● To do: Output the data in full and exactly as presented.

● Data shown:
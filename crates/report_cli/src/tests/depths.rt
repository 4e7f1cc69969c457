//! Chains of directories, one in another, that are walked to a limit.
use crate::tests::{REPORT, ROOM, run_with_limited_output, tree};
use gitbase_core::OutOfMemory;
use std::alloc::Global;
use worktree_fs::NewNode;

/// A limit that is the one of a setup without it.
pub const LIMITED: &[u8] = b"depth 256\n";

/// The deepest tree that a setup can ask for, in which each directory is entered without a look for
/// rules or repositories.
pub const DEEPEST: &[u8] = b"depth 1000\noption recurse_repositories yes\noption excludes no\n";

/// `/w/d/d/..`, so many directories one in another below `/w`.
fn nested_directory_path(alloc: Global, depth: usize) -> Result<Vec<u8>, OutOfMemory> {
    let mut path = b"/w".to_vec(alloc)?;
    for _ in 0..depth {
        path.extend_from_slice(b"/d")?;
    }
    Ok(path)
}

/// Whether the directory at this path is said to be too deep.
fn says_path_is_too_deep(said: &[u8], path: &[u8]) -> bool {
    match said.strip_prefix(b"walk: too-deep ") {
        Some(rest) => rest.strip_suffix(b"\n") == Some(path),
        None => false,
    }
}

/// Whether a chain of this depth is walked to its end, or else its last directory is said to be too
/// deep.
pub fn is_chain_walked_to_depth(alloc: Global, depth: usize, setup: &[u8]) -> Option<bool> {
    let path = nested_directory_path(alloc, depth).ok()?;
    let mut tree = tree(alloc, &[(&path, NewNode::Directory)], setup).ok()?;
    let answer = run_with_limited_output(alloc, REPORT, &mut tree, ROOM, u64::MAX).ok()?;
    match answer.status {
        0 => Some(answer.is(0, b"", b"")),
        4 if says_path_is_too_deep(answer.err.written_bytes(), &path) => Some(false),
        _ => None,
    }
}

● Response:
filename crates/report_cli/src/tests/depths.rt
repository 4e7f1cc69969c457
//! Chains of directories, one in another, that are walked to a limit.
use crate::tests::{REPORT, ROOM, run_with_limited_output, tree};
use gitbase_core::OutOfMemory;
use std::alloc::Global;
use worktree_fs::NewNode;

/// A limit that is the one of a setup without it.
pub const LIMITED: &[u8] = b"depth 256\n";

/// The deepest tree that a setup can ask for, in which each directory is entered without a look for
/// rules or repositories.
pub const DEEPEST: &[u8] = b"depth 1000\noption recurse_repositories yes\noption excludes no\n";

/// `/w/d/d/..`, so many directories one in another below `/w`.
fn nested_directory_path(alloc: Global, depth: usize) -> Result<Vec<u8>, OutOfMemory> {
    let mut path = b"/w".to_vec(alloc)?;
    for _ in 0..depth {
        path.extend_from_slice(b"/d")?;
    }
    Ok(path)
}

/// Whether the directory at this path is said to be too deep.
fn says_path_is_too_deep(said: &[u8], path: &[u8]) -> bool {
    match said.strip_prefix(b"walk: too-deep ") {
        Some(rest) => rest.strip_suffix(b"\n") == Some(path),
        None => false,
    }
}

/// Whether a chain of this depth is walked to its end, or else its last directory is said to be too
/// deep.
pub fn is_chain_walked_to_depth(alloc: Global, depth: usize, setup: &[u8]) -> Option<bool> {
    let path = nested_directory_path(alloc, depth).ok()?;
    let mut tree = tree(alloc, &[(&path, NewNode::Directory)], setup).ok()?;
    let answer = run_with_limited_output(alloc, REPORT, &mut tree, ROOM, u64::MAX).ok()?;
    match answer.status {
        0 => Some(answer.is(0, b"", b"")),
        4 if says_path_is_too_deep(answer.err.written_bytes(), &path) => Some(false),
        _ => None,
    }
}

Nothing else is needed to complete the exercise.